▸ **Stored data**
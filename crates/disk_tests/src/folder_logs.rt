//! Logs in the files of a folder.

use crate::logs::{CREATE, count_entries};
use edit_log::{Appended, EditLog, LogFault};
use febe_data::List;
use green_io::{Disk, FolderDisk};
use std::alloc::Global;
use std::fs;
use std::test::Fail;

const FOLDER: &str = "edit_log_test";

const LOG: &str = "edit_log_test/log2";

// Opens a log, and appends that entry.
fn append_entry<D: Disk>(alloc: Global, disk: &mut D) -> Result<Appended, LogFault> {
    let Ok(bytes) = List::from_slice(alloc, &CREATE) else {
        return Err(LogFault::Memory);
    };
    let (mut log, _) = EditLog::open(alloc, disk)?;
    Ok(log.append(disk, &bytes))
}

#[test]
fn an_entry_is_appended_and_read_again(rt: HostRuntime) -> Result<(), Fail> {
    let _ = fs::remove_dir_all(&rt, FOLDER);
    fs::create_dir(&rt, FOLDER)?;
    let mut disk = FolderDisk::new(rt, FOLDER)?;
    assert_eq!(rt; append_entry(rt.alloc(), &mut disk), Ok(Appended::Ok));
    assert_eq!(rt; append_entry(rt.alloc(), &mut disk), Ok(Appended::Ok));
    assert_eq!(rt; count_entries(rt.alloc(), &mut disk), Ok(2));
    drop(disk);
    // What stands behind a gate 1 that is no body is damage, and one gate at the end is none.
    for (log, wanted) in [
        (b"\x01\x01\x00".as_slice(), Err(LogFault::Damaged { at: 1 })),
        (b"\x01\x01".as_slice(), Ok(0)),
        (b"\x01\x07\x00\x00".as_slice(), Ok(0)),
    ] {
        fs::write(&rt, LOG, log)?;
        let mut disk = FolderDisk::new(rt, FOLDER)?;
        assert_eq!(rt; count_entries(rt.alloc(), &mut disk), wanted);
    }
    assert_eq!(rt;
        fs::read(&rt, LOG)?.as_slice(),
        b"\x01\x00\x00\x00".as_slice()
    );
    fs::remove_dir_all(&rt, FOLDER)?;
    Ok(())
}
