//! Sources, sinks, clocks and disks, in memory and in a folder, and logs on these disks, with what a crash leaves of them
//! at each moment.
#![tactic(auto)]

#[cfg(test)]
mod adapters;
#[cfg(test)]
mod clocks;
#[cfg(test)]
mod crashes;
#[cfg(test)]
mod fakes;
#[cfg(test)]
mod folder_logs;
#[cfg(test)]
mod logs;
#[cfg(test)]
mod moves;
#[cfg(test)]
mod rows;
#[cfg(test)]
mod second_area;
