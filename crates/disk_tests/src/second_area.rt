//! The area of the log with moments, beside the others, in memory and in a folder.

use febe_data::{List, Memory};
use green_fakes::MemoryDisk;
use green_io::{Area, Disk, DiskFailed, FolderDisk, ReadAnswer};
use std::alloc::Global;
use std::fs;
use std::process::Abort;
use std::test::Fail;

const AREAS: [Area; 4] = [Area::Log, Area::Home, Area::Journal, Area::Second];

/// Writes into an area past its end and before it, makes it no shorter, and syncs it.
fn fill<D: Disk>(disk: &mut D, area: Area) -> Result<u64, DiskFailed> {
    disk.write(area, 3, b"xy")?;
    disk.write(area, 1, b"B")?;
    disk.cut(area, 9)?;
    disk.sync(area)?;
    disk.length(area)
}

/// Cuts an area, and says how long it is then.
fn shorten<D: Disk>(disk: &mut D, area: Area) -> Result<u64, DiskFailed> {
    disk.cut(area, 2)?;
    disk.sync(area)?;
    disk.length(area)
}

/// The answer of one read of up to four bytes from this place on, and the bytes.
fn read_at<D: Disk>(disk: &mut D, area: Area, at: u64) -> (ReadAnswer, [u8; 4]) {
    let mut into = [b'-'; 4];
    let answer = disk.read(area, at, &mut into);
    (answer, into)
}

/// Fills and cuts one area of a disk in memory. The others stay empty.
fn check_area(rt: &impl Abort, alloc: Global, used: Area) -> Result<(), Fail> {
    let mut disk = MemoryDisk::new(alloc, List::new(alloc));
    assert!(rt; fill(&mut disk, used) == Ok(5));
    assert!(rt; read_at(&mut disk, used, 1) == (ReadAnswer::Got(4), *b"B\0xy"));
    assert!(rt; shorten(&mut disk, used) == Ok(2));
    for area in AREAS {
        let wanted = if area == used {
            b"\0B".as_slice()
        } else {
            b"".as_slice()
        };
        assert!(rt; disk.area(area) == wanted);
    }
    Ok(())
}

#[test]
fn each_area_in_memory(rt: HostRuntime) -> Result<(), Fail> {
    for area in AREAS {
        check_area(&rt, rt.alloc(), area)?;
    }
    Ok(())
}

/// Writes into two areas, syncs the second one, and writes into it again and cuts it.
fn use_both<D: Disk>(disk: &mut D) -> Result<(), DiskFailed> {
    disk.write(Area::Log, 0, b"ab")?;
    disk.write(Area::Second, 0, b"cd")?;
    disk.sync(Area::Second)?;
    disk.write(Area::Second, 1, b"efg")?;
    disk.cut(Area::Second, 2)
}

/// What both areas of an image are.
fn check_image(
    rt: &impl Abort,
    disk: &MemoryDisk,
    moment: u64,
    pick: u64,
    log: &[u8],
    second: &[u8],
) -> Result<(), Memory> {
    let image = disk.crash(moment, pick)?;
    assert!(rt; image.area(Area::Log) == log, "at {moment} {pick}");
    assert!(rt; image.area(Area::Second) == second, "at {moment} {pick}");
    Ok(())
}

// The bytes that are drawn were computed from the generator's rule: those of the log come first.
#[test]
fn images_of_two_areas(rt: HostRuntime) -> Result<(), Fail> {
    let alloc = rt.alloc();
    let mut disk = MemoryDisk::new(alloc, List::new(alloc));
    assert!(rt; use_both(&mut disk) == Ok(()));
    for (moment, pick, log, second) in [
        (1, 0, b"ab".as_slice(), b"".as_slice()),
        (2, 0, b"ab".as_slice(), b"cd".as_slice()),
        (2, 1, b"".as_slice(), b"".as_slice()),
        (2, 3, b"\xf7".as_slice(), b"\x94i".as_slice()),
        (3, 3, b"\xf7".as_slice(), b"cd".as_slice()),
        (4, 1, b"".as_slice(), b"cd".as_slice()),
        (4, 3, b"\xf7".as_slice(), b"c\xbe\xabs".as_slice()),
        (5, 0, b"ab".as_slice(), b"ce".as_slice()),
        (5, 3, b"\xf7".as_slice(), b"c\xbe\xab".as_slice()),
        (5, 7, b"\x7f".as_slice(), b"c\xd2".as_slice()),
    ] {
        check_image(&rt, &disk, moment, pick, log, second)?;
    }
    Ok(())
}

const FOLDER: &str = "second_area_test";

#[test]
fn its_file_lies_beside_the_others(rt: HostRuntime) -> Result<(), Fail> {
    let _ = fs::remove_dir_all(&rt, FOLDER);
    fs::create_dir(&rt, FOLDER)?;
    let mut disk = FolderDisk::new(rt, FOLDER)?;
    assert!(rt; disk.length(Area::Log) == Ok(0));
    for file in [
        "second_area_test/log",
        "second_area_test/home",
        "second_area_test/journal",
        "second_area_test/log2",
    ] {
        assert!(rt; fs::read(&rt, file)?.is_empty(), "{file}");
    }
    assert!(rt; fill(&mut disk, Area::Second) == Ok(5));
    drop(disk);
    assert!(rt; fs::read(&rt, "second_area_test/log")?.is_empty());
    assert!(rt; fs::read(&rt, "second_area_test/log2")?.as_slice() == b"\0B\0xy".as_slice());
    Ok(fs::remove_dir_all(&rt, FOLDER)?)
}

#[test]
fn its_file_is_opened_again(rt: HostRuntime) -> Result<(), Fail> {
    let folder = "second_area_again_test";
    let _ = fs::remove_dir_all(&rt, folder);
    fs::create_dir(&rt, folder)?;
    fs::write(&rt, "second_area_again_test/log2", b"\0B\0xyz")?;
    let mut disk = FolderDisk::new(rt, folder)?;
    assert!(rt; read_at(&mut disk, Area::Second, 1) == (ReadAnswer::Got(4), *b"B\0xy"));
    assert!(rt; shorten(&mut disk, Area::Second) == Ok(2));
    assert!(rt; read_at(&mut disk, Area::Second, 1) == (ReadAnswer::Got(1), *b"B---"));
    assert!(rt; read_at(&mut disk, Area::Second, 2) == (ReadAnswer::End, *b"----"));
    assert!(rt; disk.faults() == 0);
    Ok(fs::remove_dir_all(&rt, folder)?)
}
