//! Short logs, beside what they are opened with.

use crate::logs::{count_entries, disk_with};
use edit_log::LogFault;
use green_io::Area;
use std::alloc::Global;
use std::process::Abort;
use std::test::Fail;

/// Opens a log with these bytes in this area, and looks at what it leaves there.
fn check_row(
    rt: &impl Abort,
    alloc: Global,
    area: Area,
    log: &[u8],
    wanted: Result<usize, LogFault>,
    left: &[u8],
) -> Result<(), Fail> {
    let mut disk = disk_with(alloc, area, log)?;
    assert_eq!(rt; count_entries(alloc, &mut disk), wanted);
    assert_eq!(rt; disk.area(area), left);
    Ok(())
}

/// A log of before moves, unless it is damaged.
#[test]
fn short_logs_of_before(rt: HostRuntime) -> Result<(), Fail> {
    for (log, wanted, left) in [
        (b"".as_slice(), Ok(0), b"".as_slice()),
        (b"\x01".as_slice(), Ok(0), b"".as_slice()),
        (b"\x02\x05".as_slice(), Ok(0), b"".as_slice()),
        (
            b"\x01\x00\x00\x00\x00\x00".as_slice(),
            Err(LogFault::Damaged { at: 0 }),
            b"\x01\x00\x00\x00\x00\x00".as_slice(),
        ),
    ] {
        check_row(&rt, rt.alloc(), Area::Log, log, wanted, left)?;
    }
    Ok(())
}

/// One that has no gate 1 and a byte behind it is closed, and a log of no entries moves into it.
#[test]
fn short_logs(rt: HostRuntime) -> Result<(), Fail> {
    for (log, wanted, left) in [
        (b"".as_slice(), Ok(0), b"\x01\x00".as_slice()),
        (b"\x01".as_slice(), Ok(0), b"\x01\x00".as_slice()),
        (b"\x00\x09\x09".as_slice(), Ok(0), b"\x01\x00".as_slice()),
        (b"\x02\x01".as_slice(), Ok(0), b"\x01\x00".as_slice()),
        (b"\x01\x01".as_slice(), Ok(0), b"\x01\x00".as_slice()),
        (
            b"\x01\x02\x05".as_slice(),
            Ok(0),
            b"\x01\x00\x05".as_slice(),
        ),
        (
            b"\x01\x01\x00\x00".as_slice(),
            Err(LogFault::Damaged { at: 1 }),
            b"\x01\x01\x00\x00".as_slice(),
        ),
    ] {
        check_row(&rt, rt.alloc(), Area::Second, log, wanted, left)?;
    }
    Ok(())
}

▸ **Task brief**
Work out how many lines in the records above contain the word "used", and give only that number.

▸ **Solution below**
5